Task to complete: The answer must be one number: how many lines below contain the word "count".

Provided material:
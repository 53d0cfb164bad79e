//! The static rules on names: what stands twice, what is not declared, uses, ways, and ends.
#![tactic(auto)]

mod arity;
mod connectors;
mod dangling;
mod direction;
mod ends;
mod twice;
mod types;
mod unknown;

pub use arity::judge_arity;
pub use dangling::judge_dangling;
pub use direction::judge_direction;
pub use twice::judge_twice;
pub use unknown::judge_unknown;
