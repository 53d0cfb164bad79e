//! Whether rows have the marks of values at the joints of their side.
ghost use Rattle.std.specs.Prelude.{◌≡◌, ◌≢◌, ◌⊎◌, ◌↔◌, ◌<◌, ℕ, IsTrue, true, false, OnOk, MatchOption, Some, length, replicate, slice_index};
ghost use Rattle.reo_net_base.specs.Behaviour.{IsEndOf};
ghost use Rattle.reo_net_base.specs.Net.{net_of, all_sides};
ghost use Rattle.reo_net_laws.specs.Ends.{IsRowOf};
ghost use Rattle.reo_net_circuit.specs.found_ends.Ends.{AreEnds};
ghost use Rattle.reo_side_tables.specs.Marks.{side_in, groups_in, group_in, common_at_joint, IsJointOf};
ghost use Rattle.reo_rows.specs.Groups.{AreFit, FailsAt, IsOdd, Excuses, AreNoted};
ghost use Rattle.reo_side_tables.specs.Boards.{IsBoard};
ghost use Rattle.reo_rows.specs.RowFlags.{AreAlikeTables};
ghost use Rattle.reo_rows.specs.Sparing.{IsIdle, IsLacking, CanSpare, AreCleared, GroupsHave};
ghost use Rattle.reo_rows.specs.Rows.{AreTables, IsSpared};
ghost use Rattle.reo_rows.specs.Sets.{family_of};
ghost use Rattle.reo_rows.specs.Basis.{IsReadyOn};
ghost use Rattle.reo_rows.specs.Resting.{IsResting, HasRowPlaces};
ghost use Rattle.reo_rows.specs.Stands.{HasMark, IsAtEnd, MarksStand, GroupStandsBesides, StandsAtEnd};

use crate::basis::Basis;
use crate::flags::RowFlags;
use crate::groups::{Group, Odd};
use crate::lists::apart_there;
use crate::marks::marks_left;
use crate::resting::Resting;
use crate::rows::Rows;
use reo_lanes::keep_rows;
use reo_net_base::{End, Primitive};
use reo_net_circuit::{Circuit, Ends};
use reo_side_tables::{Board, Flow, end_at, mark_at_joint};
use reo_values::{List, NoMemory};

/// So many ones in the place of all bytes. `NoMemory` is out of memory.
fn all_ones(bytes: &mut Vec<u8>, count: usize) -> Result<(), NoMemory>
    ensures { OnOk result (bytes.new.items ≡ replicate count 1) }
{
    bytes.clear();
    match bytes.resize(count, 1) {
        Ok(()) => Ok(()),
        Err(_) => Err(NoMemory),
    }
}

Response: 3